At the time of the Merge, an out-of-protocol version of PBS created by Flashbots called MEV-Boost will be available for validator nodes to use, which will allow them to outsource specialised block building if they wish.
Builders will be able to pass on block headers and bids to validator nodes (acting now only as proposers), much like PBS, except that these headers & bids will have to first run through ‘relays’, facilitating smooth commerce between the parties.
A relay will protect the builder from leaking any information about the block to the validators and ensure that even small validators can participate in the builder market. At the same time, the relay will protect the validator from receiving blocks that are invalid, overstate their bid to the validator, or are missing entirely. Relays will be able to connect to one or many builders; those connecting to many builders will be able see all the blocks submitted and associated bids, and will then only submit the highest valid bid to the validator to sign. Only after the validator then signs off on the block header will the body be revealed. MEV-Boost itself will effectively act as the relay aggregator, from which validators will choose which relays they wish to connect to. If MEV-Boost doesn’t pick up any relays, the validator node will naturally revert to local block building from the mempool.
MEV-Boost requires validators to trust the relays to not withhold blocks. To assess global relay performance and weed out bad actors, relay monitors are being designed.
This PBS implementation is rather unhelpfully known as ‘two-slot’ PBS, which can imply that a slot itself is being reduced to 8 seconds in length, and a block is only being finalised in every other slot (i.e. that an epoch of 32 slots will only have 16 blocks produced in it).
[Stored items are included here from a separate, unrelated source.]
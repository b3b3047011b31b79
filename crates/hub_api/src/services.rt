//! The calls on services.
ghost use Rattle.hub_api.specs.Refusals.{Gives};
ghost use Rattle.hub_api.specs.Readings as spec;
ghost use Rattle.hub_api.specs.Calls as paths;

use crate::method::Method;
use crate::parts::{name_at, page_of};
use crate::refusal::ApiRefusal;
use http_wire::request::Request;
use hub_kit::names::ServiceName;
use hub_machine::call::Call;
use hub_paths::Path;
use std::alloc::Global;

/// `/services`, by its methods.
pub(crate) fn services(alloc: Global, method: Method, request: &Request) -> Result<Call, ApiRefusal>
    ensures { Gives result (paths.services method request.now) }
{
    match method {
        Method::Get => get_services(alloc, request),
        _ => Err(ApiRefusal::NoMethod),
    }
}

/// The service that the path names.
fn service_at(alloc: Global, request: &Request) -> Result<ServiceName, ApiRefusal>
    ensures { Gives result (spec.service_at request.now) }
{
    name_at(alloc, request, Path::Service, "{service}")
}

/// `/services/{service}`, by its methods.
pub(crate) fn service(alloc: Global, method: Method, request: &Request) -> Result<Call, ApiRefusal>
    ensures { Gives result (paths.service method request.now) }
{
    match method {
        Method::Get => Ok(Call::GetService {
            service: service_at(alloc, request)?,
        }),
        Method::Post => Ok(Call::PostService {
            service: service_at(alloc, request)?,
        }),
        Method::Delete => Ok(Call::DeleteService {
            service: service_at(alloc, request)?,
        }),
        _ => Err(ApiRefusal::NoMethod),
    }
}

#[tactic(auto, unfolding(crate::specs::Readings::get_services))]
fn get_services(alloc: Global, request: &Request) -> Result<Call, ApiRefusal>
    ensures { Gives result (spec.get_services request.now) }
{
    Ok(Call::GetServices {
        page: page_of(alloc, request)?,
    })
}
Please note that this is not the case, and I have renamed these ‘slots’ as ‘stages’ in this post to provide this additional clarity.
The censoring builder could try to circumvent overbidding altogether by running their own validation nodes, but then they would have to wait for one of these nodes to be chosen as the proposer.
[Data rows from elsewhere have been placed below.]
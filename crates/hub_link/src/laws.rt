//! Laws of the definitions.
ghost use Rattle.std.specs.Prelude.{◌≡◌, ℕ, List};
ghost use Rattle.hub_link.specs.Chunked.{IsInChunks};
ghost use Rattle.hub_link.specs.Replies.{IsReply};

/// Bytes are at most one reply.
pub fn reply_is_one()
    ensures { (bytes : List ℕ) (s t : ℕ) (a b : List ℕ) → IsReply bytes s a → IsReply bytes t b → (s ≡ t) × (a ≡ b) }
{}

/// Bytes are at most one reply in chunks.
pub fn chunks_are_one()
    ensures { (bytes : List ℕ) (s t : ℕ) (a b : List ℕ) → IsInChunks bytes s a → IsInChunks bytes t b → (s ≡ t) × (a ≡ b) }
{}
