//! Methods of requests.
ghost use Rattle.std.specs.Prelude.{◌≡◌};
ghost use Rattle.hub_api.specs.Calls as spec;

/// The methods that a call can have, and any other.
#[derive(Clone, Copy)]
pub(crate) enum Method {
    Get,
    Post,
    Put,
    Patch,
    Delete,
    Other,
}

/// The method of a text. Methods are told from each other by case (RFC 9110, 9.1).
#[tactic(auto, unfolding(crate::specs::Calls::method_of))]
pub(crate) fn method_of(text: &str) -> Method
    ensures { result ≡ spec.method_of text.now }
{
    match text {
        "GET" => Method::Get,
        "POST" => Method::Post,
        "PUT" => Method::Put,
        "PATCH" => Method::Patch,
        "DELETE" => Method::Delete,
        _ => Method::Other,
    }
}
1/32 split across 64 shards.
This refers to KZG commitments, previously discussed in footnote 4, although they would be used here for providing assurances around blobs rather than extended data.
Blobs are a fixed size (~125KB), and so to maintain a 1MB block size, 8 blobs per block is the target. The independent gas price for blobs is self-adjusting to ensure that in the long run the average number of blobs per block equals the target.